Back to LanguageTool Homepage - Privacy - Imprint

Polish combined characters

I have found an extremely rare encoding of Polish language text by chance here:

http://gazetaolsztynska.pl/653158,Robert-Biedron-o-Polsce-Warmii-i-Mazurach-i-Olsztynie-ZDJECIA.html

“Często słyszę, że jesteście niezadowoleni z sytuacji w kraju. Nie podoba Wam się, że obecna władza niszczy nasze państwo, łamie prawa kobiet i mniejszości, ignoruje kwestie klimatu i nie dostrzega prawdziwych problemów obywateli. Porozmawiajmy, jak to zmienić!”

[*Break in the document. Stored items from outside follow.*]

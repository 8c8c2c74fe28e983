//! Instances: copies of the parts of a parameter.
ghost use Rattle.std.specs.Prelude.{◌≡◌, ◌<◌, ◌≤◌, ◌+◌, ◌^◌, ◌++◌, [], length, map as mapped, IfOk, OnOk, MatchOption};
ghost use Rattle.std.specs.List.{All, IsDistinct};
ghost use Rattle.std.specs.List.Sorted.{IsStrictlySortedBy};
ghost use Rattle.std.specs.Ordering.{eq_by_cmp};
ghost use Rattle.bg_lists.specs.Lists.{sort};
ghost use Rattle.bg_lists.specs.Orders.{before};
ghost use Rattle.bg_base.specs.declared.big.NodeRow.{NodeRow as RowOfNode};
ghost use Rattle.bg_base.specs.Bigraph.{IsValid, IsGround, node_cmp};
ghost use Rattle.bg_rules.specs.Instantiation as defined;
ghost use Rattle.bg_react.specs.Copying as copying;

use crate::parts::Parts;
use bg_base::{Big, NodeRow, Place};
use bg_lists::{Duplicate, Mem, OutOfMemory, Rows};
use std::alloc::Global;
use std::collections::BTreeSet;

/// Copies of the parts of a parameter, one region for each, and the number that the next new node will get after them.
#[derive(Debug, Drop)]
pub struct Instance {
    pub big: Big,
    pub next: u32,
}

/// The instance of a parameter (Milner, chapter 8): region `i` has a copy of what lies in region `map[i]` of the
/// parameter. The first copy of a part keeps the numbers of its nodes; each later copy takes the next free numbers,
/// from `next` on, in the order of the originals. A copy shares the links of the original. It refuses only for want of
/// memory. Costs time n log n, and memory n, in the number of nodes and ports of the parameter, of the entries of the
/// map, and of the nodes and ports of the instance.
pub fn instantiate(alloc: Global, parameter: &Big, map: &[u32], next: u32) -> Mem<Instance>
    requires ground { IsGround parameter.now }
    requires no_edges { parameter.now.edges ≡ [] }
    requires regions { All (λ region. region < parameter.now.regions) map.now }
    requires below { All (λ (row : RowOfNode). row.id < next) parameter.now.nodes }
    requires room { defined.next_after parameter.now map.now next < 2 ^ 32 }
    ensures big { IfOk result (λ instance. instance.big ≡ defined.instantiate parameter.now map.now next) }
    ensures next { IfOk result (λ instance. instance.next ≡ defined.next_after parameter.now map.now next) }
{
    let parts = Parts::of(alloc, parameter)?;
    let instance = instance_of(alloc, &parts, map, next)?;
    Ok(instance)
}

/// The instance of the parameter that has these parts.
pub(crate) fn instance_of(alloc: Global, parts: &Parts<'_>, map: &[u32], next: u32) -> Mem<Instance>
    requires ground { IsGround parts.now }
    requires no_edges { parts.now.edges ≡ [] }
    requires regions { All (λ region. region < parts.now.regions) map.now }
    requires below { All (λ (row : RowOfNode). row.id < next) parts.now.nodes }
    requires room { defined.next_after parts.now map.now next < 2 ^ 32 }
    ensures big { IfOk result (λ instance. instance.big ≡ defined.instantiate parts.now map.now next) }
    ensures next { IfOk result (λ instance. instance.next ≡ defined.next_after parts.now map.now next) }
{
    let Some(regions) = width_of(map) else {
        return Err(OutOfMemory);
    };
    let Copies { rows, free } = copies_of(alloc, parts, map, next)?;
    let big = Big {
        nodes: sorted_rows(rows)?,
        edges: Rows::from_vec(Vec::new(alloc)),
        sites: Rows::from_vec(Vec::new(alloc)),
        inner: Rows::from_vec(Vec::new(alloc)),
        regions,
        outer: parts.parameter().outer.copy(alloc)?,
    };
    Ok(Instance { big, next: free })
}

/// The number of entries, where 32 bits can hold it.
fn width_of(map: &[u32]) -> Option<u32>
    ensures { MatchOption result (2 ^ 32 ≤ length map.now) (λ width. width ≡ length map.now) }
{
    if map.len() < 4_294_967_296 {
        Some(map.len() as u32)
    } else {
        None
    }
}

/// The rows by number, where their numbers differ. Takes no memory.
fn sorted_rows(mut rows: Vec<NodeRow>) -> Mem<Rows<NodeRow>>
    requires apart { IsDistinct (eq_by_cmp node_cmp) rows.items }
    ensures { IfOk result (λ sorted. sorted ≡ sort (before node_cmp) rows.items) }
{
    rows.sort_unstable_by_key(|row| row.id);
    Rows::try_from_vec(rows)
}

/// The rows of copies, one copy after the other, and the number that is free after them.
#[derive(Drop)]
struct Copies {
    rows: Vec<NodeRow>,
    free: u32,
}

/// The copies that the entries ask for, in their order.
fn copies_of(alloc: Global, parts: &Parts<'_>, map: &[u32], next: u32) -> Mem<Copies>
    requires valid { IsValid parts.now }
    requires few { length map.now < 2 ^ 32 }
    requires room { defined.next_after parts.now map.now next < 2 ^ 32 }
    ensures rows { IfOk result (λ copies. copies.rows.items ≡ defined.copies_from parts.now map.now next 0 map.now) }
    ensures free { IfOk result (λ copies. copies.free ≡ defined.next_after parts.now map.now next) }
{
    let mut copies = Copies {
        rows: Vec::new(alloc),
        free: next,
    };
    let mut seen = BTreeSet::new(alloc);
    for (at, region) in map.iter().enumerate() {
        let is_new = seen.insert(*region)?;
        push_copy(alloc, parts.part(*region), is_new, at as u32, &mut copies)?;
    }
    Ok(copies)
}

/// Appends a copy of the part, in that region.
fn push_copy(
    alloc: Global,
    part: &[NodeRow],
    is_new: bool,
    region: u32,
    copies: &mut Copies,
) -> Mem<()>
    requires ascending { IsStrictlySortedBy node_cmp part.now }
    requires room { copies.old.free + copying.late_count part.now is_new < 2 ^ 32 }
    ensures rows { OnOk result (copies.new.rows.items ≡ copies.old.rows.items ++ copying.copy_of part.now is_new copies.old.free region) }
    ensures free { OnOk result (copies.new.free ≡ copies.old.free + copying.late_count part.now is_new) }
{
    if is_new {
        return push_first_copy(alloc, part, region, &mut copies.rows);
    }
    push_late_copy(alloc, part, copies.free, region, &mut copies.rows)?;
    copies.free += part.len() as u32;
    Ok(())
}

/// Appends the copy that keeps the numbers.
fn push_first_copy(alloc: Global, part: &[NodeRow], region: u32, rows: &mut Vec<NodeRow>) -> Mem<()>
    ensures { OnOk result (rows.new.items ≡ rows.old.items ++ mapped (copying.first_copy region) part.now) }
{
    for row in part {
        rows.push(first_copy(alloc, row, region)?)?;
    }
    Ok(())
}

fn first_copy(alloc: Global, row: &NodeRow, region: u32) -> Mem<NodeRow>
    ensures { IfOk result (λ copy. copy ≡ copying.first_copy region row.now) }
{
    Ok(NodeRow {
        id: row.id,
        control: row.control,
        parent: first_place(row.parent, region),
        links: row.links.copy(alloc)?,
    })
}

fn first_place(place: Place, region: u32) -> Place
    ensures { result ≡ copying.first_place region place }
{
    match place {
        Place::Node(_) => place,
        Place::Region(_) => Place::Region(region),
    }
}

/// Appends the copy whose nodes have the numbers from `free` on.
fn push_late_copy(
    alloc: Global,
    part: &[NodeRow],
    free: u32,
    region: u32,
    rows: &mut Vec<NodeRow>,
) -> Mem<()>
    requires ascending { IsStrictlySortedBy node_cmp part.now }
    requires room { free + length part.now < 2 ^ 32 }
    ensures { OnOk result (rows.new.items ≡ rows.old.items ++ mapped (copying.late_copy part.now free region) part.now) }
{
    for row in part {
        rows.push(late_copy(alloc, part, free, row, region)?)?;
    }
    Ok(())
}

fn late_copy(alloc: Global, part: &[NodeRow], free: u32, row: &NodeRow, region: u32) -> Mem<NodeRow>
    requires ascending { IsStrictlySortedBy node_cmp part.now }
    requires room { free + length part.now < 2 ^ 32 }
    ensures { IfOk result (λ copy. copy ≡ copying.late_copy part.now free region row.now) }
{
    Ok(NodeRow {
        id: late_number(part, free, row.id),
        control: row.control,
        parent: late_place(part, free, row.parent, region),
        links: row.links.copy(alloc)?,
    })
}

fn late_place(part: &[NodeRow], free: u32, place: Place, region: u32) -> Place
    requires ascending { IsStrictlySortedBy node_cmp part.now }
    requires room { free + length part.now < 2 ^ 32 }
    ensures { result ≡ copying.late_place part.now free region place }
{
    match place {
        Place::Node(node) => Place::Node(late_number(part, free, node)),
        Place::Region(_) => Place::Region(region),
    }
}

fn late_number(part: &[NodeRow], free: u32, node: u32) -> u32
    requires ascending { IsStrictlySortedBy node_cmp part.now }
    requires room { free + length part.now < 2 ^ 32 }
    ensures { result ≡ free + copying.rank_in part.now node }
{
    free + rank_of(part, node) as u32
}

/// How many nodes of the part come before the node; all of them where it is not there.
fn rank_of(part: &[NodeRow], node: u32) -> usize
    requires ascending { IsStrictlySortedBy node_cmp part.now }
    ensures rank { result ≡ copying.rank_in part.now node }
    ensures within { result ≤ length part.now }
{
    match part.binary_search_by_key(&node, |row| row.id) {
        Ok(rank) => rank,
        Err(_) => part.len(),
    }
}
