//! Reactions: the redex of a rule replaced by its reactum.
ghost use Rattle.std.specs.Prelude.{◌≡◌, ◌≤◌, ◌<◌, ◌+◌, ◌^◌, length, Ok, Err, OnOk, OnErr, IfOk, IsErrOf, MatchOption, MatchResult};
ghost use Rattle.bg_base.specs.Limits.{most_host_nodes, most_host_edges, largest_counter};
ghost use Rattle.bg_base.specs.Bigraph.{IsValid};
ghost use Rattle.bg_base.specs.Elementary.{counted};
ghost use Rattle.bg_base.specs.Products as product;
ghost use Rattle.bg_decompose.specs.Joining.{recomposed_from};
ghost use Rattle.bg_rules.specs.Decomposition.{Occurs};
ghost use Rattle.bg_rules.specs.Hosts.{IsHost};
ghost use Rattle.bg_rules.specs.Instantiation.{next_after};
ghost use Rattle.bg_rules.specs.Limits.{AreSmallCounters, IsWithinLimits, PassesALimit};
ghost use Rattle.bg_rules.specs.Reaction as defined;
ghost use Rattle.bg_rules.specs.Reaction.{Reacts};
ghost use Rattle.bg_rules.specs.Rules.{IsRule};
ghost use Rattle.bg_react.specs.Growth as growth;
ghost use Rattle.bg_react.specs.Growth.{GoesBetween, HasRoom, LiesBetween};

use crate::count::count_copies;
use crate::instance::{Instance, instance_of};
use crate::parts::Parts;
use bg_algebra::lean;
use bg_base::Big;
use bg_base::limits::{LARGEST_COUNTER, MOST_HOST_EDGES, MOST_HOST_NODES};
use bg_decompose::{Decomposition, recompose, split};
use bg_lists::{Mem, Rows};
use bg_rules::{Host, ReactFault, Rule};
use std::alloc::Global;

/// The reaction of the host by the rule, whose redex occurs at the nodes of the map (Milner, chapter 8). The host is
/// its context with the redex and a parameter in it; it becomes the context with the reactum, its nodes and edges
/// numbered from the host's counters on, and in that an instance of the parameter. Edges that become idle are dropped;
/// outer names of the host stay. The conditions of the rule are not looked at.
///
/// It refuses with `Full` where the host would pass one of its limits: more than 65,536 nodes or edges, or a counter
/// above 2,147,483,648. Nodes and counters are counted before anything of the result is made. At a refusal the host
/// stays as it was. Costs the time of `split`, and n log n in the size of the host, the rule and the result; memory in
/// proportion to these.
pub fn react(alloc: Global, host: &mut Host, rule: &Rule, map: &[u32]) -> Result<(), ReactFault>
    requires occurs { Occurs host.old.big rule.now.redex map.now }
    ensures reacts { OnOk result (Reacts host.old rule.now map.now host.new) }
    ensures within { OnOk result (IsWithinLimits host.new) }
    ensures full { IsErrOf result ReactFault.Full → PassesALimit host.old rule.now map.now }
    ensures kept { OnErr result (host.new ≡ host.old) }
{
    let after = reacted(alloc, host, rule, map)?;
    *host = after;
    Ok(())
}

/// What the host becomes.
fn reacted(alloc: Global, host: &Host, rule: &Rule, map: &[u32]) -> Result<Host, ReactFault>
    requires occurs { Occurs host.now.big rule.now.redex map.now }
    ensures reacts { IfOk result (Reacts host.now rule.now map.now) }
    ensures within { IfOk result IsWithinLimits }
    ensures full { IsErrOf result ReactFault.Full → PassesALimit host.now rule.now map.now }
{
    let parts = split(alloc, host.big(), rule.redex(), map)?;
    let after = put_together(alloc, host, rule, parts)?;
    Ok(after)
}

/// What the host of these parts becomes.
fn put_together(
    alloc: Global,
    host: &Host,
    rule: &Rule,
    parts: Decomposition,
) -> Result<Host, ReactFault>
    requires is_host { IsHost host.now }
    requires is_rule { IsRule rule.now }
    requires between { LiesBetween host.now.big rule.now.redex parts.context parts.parameter }
    ensures value { IfOk result (λ after. after ≡ defined.host_after host.now rule.now parts.context parts.parameter) }
    ensures within { IfOk result IsWithinLimits }
    ensures full { IsErrOf result ReactFault.Full → IsWithinLimits (defined.host_after host.now rule.now parts.context parts.parameter) → ⊥ }
{
    let Decomposition {
        context,
        parameter,
        ..
    } = parts;
    let by_region = Parts::of(alloc, &parameter)?;
    let after = host_after(alloc, host, rule, &context, &by_region)?;
    Ok(after)
}

/// What the host of this context and this parameter becomes.
fn host_after(
    alloc: Global,
    host: &Host,
    rule: &Rule,
    context: &Big,
    parameter: &Parts<'_>,
) -> Result<Host, ReactFault>
    requires is_host { IsHost host.now }
    requires is_rule { IsRule rule.now }
    requires between { LiesBetween host.now.big rule.now.redex context.now parameter.now }
    ensures value { IfOk result (λ after. after ≡ defined.host_after host.now rule.now context.now parameter.now) }
    ensures within { IfOk result IsWithinLimits }
    ensures full { IsErrOf result ReactFault.Full → IsWithinLimits (defined.host_after host.now rule.now context.now parameter.now) → ⊥ }
{
    let found = counters_after(alloc, host, rule, context, parameter)?;
    let counters = within_limits(found)?;
    let big = big_after(alloc, host, rule, context, parameter)?;
    let after = host_of(big, counters)?;
    Ok(after)
}

/// The counters of a host, once a reaction took place.
#[derive(Clone, Copy)]
struct Counters {
    next_node: u32,
    next_edge: u32,
}

/// The counters, or `Full` where there are none. Takes no memory.
fn within_limits(found: Option<Counters>) -> Result<Counters, ReactFault>
    ensures { MatchOption found (result ≡ Err ReactFault.Full) (λ counters. result ≡ Ok counters) }
{
    match found {
        Some(counters) => Ok(counters),
        None => Err(ReactFault::Full),
    }
}

/// The host with these counters, or `Full` where it has too many edges. Takes no memory.
fn host_of(big: Big, counters: Counters) -> Result<Host, ReactFault>
    requires fits { length big.edges ≤ most_host_edges → IsHost (record { big = big; next_node = counters.next_node; next_edge = counters.next_edge }) }
    ensures { MatchResult result
        (λ host. (host ≡ record { big = big; next_node = counters.next_node; next_edge = counters.next_edge })
        × (length big.edges ≤ most_host_edges))
        (λ fault. (fault ≡ ReactFault.Full) × (most_host_edges < length big.edges)) }
{
    if big.edges.len() > MOST_HOST_EDGES {
        return Err(ReactFault::Full);
    }
    Ok(Host::with_counters(big, counters.next_node, counters.next_edge))
}

/// The counters of what the host becomes; none where its nodes or a counter pass their limit.
fn counters_after(
    alloc: Global,
    host: &Host,
    rule: &Rule,
    context: &Big,
    parameter: &Parts<'_>,
) -> Mem<Option<Counters>>
    ensures { IfOk result (λ found. MatchOption found
        (HasRoom host.now rule.now context.now parameter.now → ⊥)
        (λ counters. HasRoom host.now rule.now context.now parameter.now
        × (counters.next_node ≡ next_after parameter.now rule.now.map (growth.after_reactum host.now rule.now))
        × (counters.next_edge ≡ host.now.next_edge + length rule.now.reactum.edges))) }
{
    let Some(most) = room_for_copies(context, rule.reactum()) else {
        return Ok(None);
    };
    let Some(copies) = count_copies(alloc, parameter, rule.map(), most)? else {
        return Ok(None);
    };
    Ok(counters_with(host, rule.reactum(), copies.late))
}

/// How many nodes the copies may have beside those of the context and of the reactum; none where these are too many.
fn room_for_copies(context: &Big, reactum: &Big) -> Option<u32>
    ensures { MatchOption result
        (most_host_nodes < length context.now.nodes + length reactum.now.nodes)
        (λ most. length context.now.nodes + (length reactum.now.nodes + most) ≡ most_host_nodes) }
{
    let room = rest_of(MOST_HOST_NODES, context.nodes.len())?;
    rest_of(room, reactum.nodes.len())
}

/// What is left of the most, none where more was taken.
fn rest_of(most: u32, taken: u32) -> Option<u32>
    ensures { MatchOption result (most < taken) (λ rest. taken + rest ≡ most) }
{
    if taken <= most {
        Some(most - taken)
    } else {
        None
    }
}

/// The host's counters after the reactum's rows and so many nodes of late copies; none where one passes its limit.
fn counters_with(host: &Host, reactum: &Big, late: u32) -> Option<Counters>
    ensures { MatchOption result
        (AreSmallCounters (host.now.next_node + length reactum.now.nodes + late) (host.now.next_edge + length reactum.now.edges) → ⊥)
        (λ counters. AreSmallCounters (host.now.next_node + length reactum.now.nodes + late) (host.now.next_edge + length reactum.now.edges)
        × (counters.next_node ≡ host.now.next_node + length reactum.now.nodes + late)
        × (counters.next_edge ≡ host.now.next_edge + length reactum.now.edges)) }
{
    let after_reactum = counter_after(host.next_node(), reactum.nodes.len())?;
    let next_node = counter_after(after_reactum, late)?;
    let next_edge = counter_after(host.next_edge(), reactum.edges.len())?;
    Some(Counters {
        next_node,
        next_edge,
    })
}

/// The counter after so many new numbers, none where it passes its limit.
fn counter_after(counter: u32, count: u32) -> Option<u32>
    ensures { MatchOption result (largest_counter < counter + count) (λ after. (after ≡ counter + count) × (after ≤ largest_counter)) }
{
    let room = rest_of(LARGEST_COUNTER, counter)?;
    if count <= room {
        Some(counter + count)
    } else {
        None
    }
}

/// The bigraph of what the host becomes: the reactum between the context and an instance of the parameter.
fn big_after(
    alloc: Global,
    host: &Host,
    rule: &Rule,
    context: &Big,
    parameter: &Parts<'_>,
) -> Mem<Big>
    requires is_host { IsHost host.now }
    requires is_rule { IsRule rule.now }
    requires between { LiesBetween host.now.big rule.now.redex context.now parameter.now }
    requires room { HasRoom host.now rule.now context.now parameter.now }
    ensures { IfOk result (λ big. big ≡ defined.recomposed host.now rule.now context.now parameter.now) }
{
    let after_reactum = host.next_node() + rule.reactum().nodes.len();
    let Instance { big: instance, .. } = instance_of(alloc, parameter, rule.map(), after_reactum)?;
    let big = with_reactum(alloc, host, rule.reactum(), context, &instance)?;
    Ok(big)
}

/// The reactum, its rows with the next numbers, between the context and the instance; idle edges are dropped.
fn with_reactum(
    alloc: Global,
    host: &Host,
    reactum: &Big,
    context: &Big,
    instance: &Big,
) -> Mem<Big>
    requires valid { IsValid reactum.now }
    requires between { GoesBetween host.now reactum.now context.now instance.now }
    requires nodes { host.now.next_node + length reactum.now.nodes < 2 ^ 32 }
    requires edges { host.now.next_edge + length reactum.now.edges < 2 ^ 32 }
    ensures { IfOk result (λ big. big ≡ product.lean (recomposed_from reactum.now (counted host.now.next_node (length reactum.now.nodes)) context.now
        (counted host.now.next_edge (length reactum.now.edges)) instance.now)) }
{
    let nodes = numbers_from(alloc, host.next_node(), reactum.nodes.len())?;
    let edges = numbers_from(alloc, host.next_edge(), reactum.edges.len())?;
    let whole = recompose(alloc, context, reactum, &nodes, &edges, instance)?;
    let big = lean(alloc, &whole)?;
    Ok(big)
}

/// So many numbers in a row, from the first on.
#[tactic(auto, using(bg_base::proofs::Counted::counted_more))]
fn numbers_from(alloc: Global, first: u32, count: u32) -> Mem<Rows<u32>>
    requires { first + count < 2 ^ 32 }
    ensures { IfOk result (λ numbers. numbers ≡ counted first count) }
{
    let mut numbers = Vec::new(alloc);
    for step in 0..count {
        numbers.push(first + step)?;
    }
    Rows::try_from_vec(numbers)
}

This text may have been copied from Facebook to the custom CMS:

or alternatively emailed to the journalist as a press release. It breaks each Polish diacritic character into two, so
ę is U+0065 LATIN SMALL LETTER E, U+0328 COMBINING OGONEK instead of typical U+0119 LATIN SMALL LETTER E WITH OGONEK
ż is U+007A LATIN SMALL LETTER Z, U+0307 COMBINING DOT ABOVE instead of typical U+017C LATIN SMALL LETTER Z WITH DOT ABOVE
ś U+0073 LATIN SMALL LETTER S, U+0301 COMBINING ACUTE ACCENT instead of typical U+015B LATIN SMALL LETTER S WITH ACUTE
ń U+006E LATIN SMALL LETTER N, U+0301 COMBINING ACUTE ACCENT instead of typical U+0144 LATIN SMALL LETTER N WITH ACUTE
ł is standard U+0142 LATIN SMALL LETTER L WITH STROKE
ó is U+006F LATIN SMALL LETTER O, U+0301 COMBINING ACUTE ACCENT instead of typical U+00F3 LATIN SMALL LETTER O WITH ACUTE
ć is standard U+0107 LATIN SMALL LETTER C WITH ACUTE oddly
This is still Unicode. Relevant Unicode block is Combining Diacritical Marks https://en.wikipedia.org/wiki/Combining_Diacritical_Marks.
The full set of Polish diacritical characters to analyze is:
ą U+0105 LATIN SMALL LETTER A WITH OGONEK
ć U+0107 LATIN SMALL LETTER C WITH ACUTE
ę U+0119 LATIN SMALL LETTER E WITH OGONEK
ł U+0142 LATIN SMALL LETTER L WITH STROKE
ń U+0144 LATIN SMALL LETTER N WITH ACUTE
ó U+00F3 LATIN SMALL LETTER O WITH ACUTE
ś U+015B LATIN SMALL LETTER S WITH ACUTE
ź U+017A LATIN SMALL LETTER Z WITH ACUTE
ż U+017C LATIN SMALL LETTER Z WITH DOT ABOVE
Ą U+0104 LATIN CAPITAL LETTER A WITH OGONEK
Ć U+0106 LATIN CAPITAL LETTER C WITH ACUTE
Ę U+0118 LATIN CAPITAL LETTER E WITH OGONEK
Ł U+0141 LATIN CAPITAL LETTER L WITH STROKE
Ń U+0143 LATIN CAPITAL LETTER N WITH ACUTE
Ó U+00D3 LATIN CAPITAL LETTER O WITH ACUTE
Ś U+015A LATIN CAPITAL LETTER S WITH ACUTE
Ź U+0179 LATIN CAPITAL LETTER Z WITH ACUTE
Ż U+017B LATIN CAPITAL LETTER Z WITH DOT ABOVE

It even does not look properly in the font this news site uses “Open Sans”, it looks OK in “Source Sans Pro” you use though. Obviously, your system marks involved words as erroneous.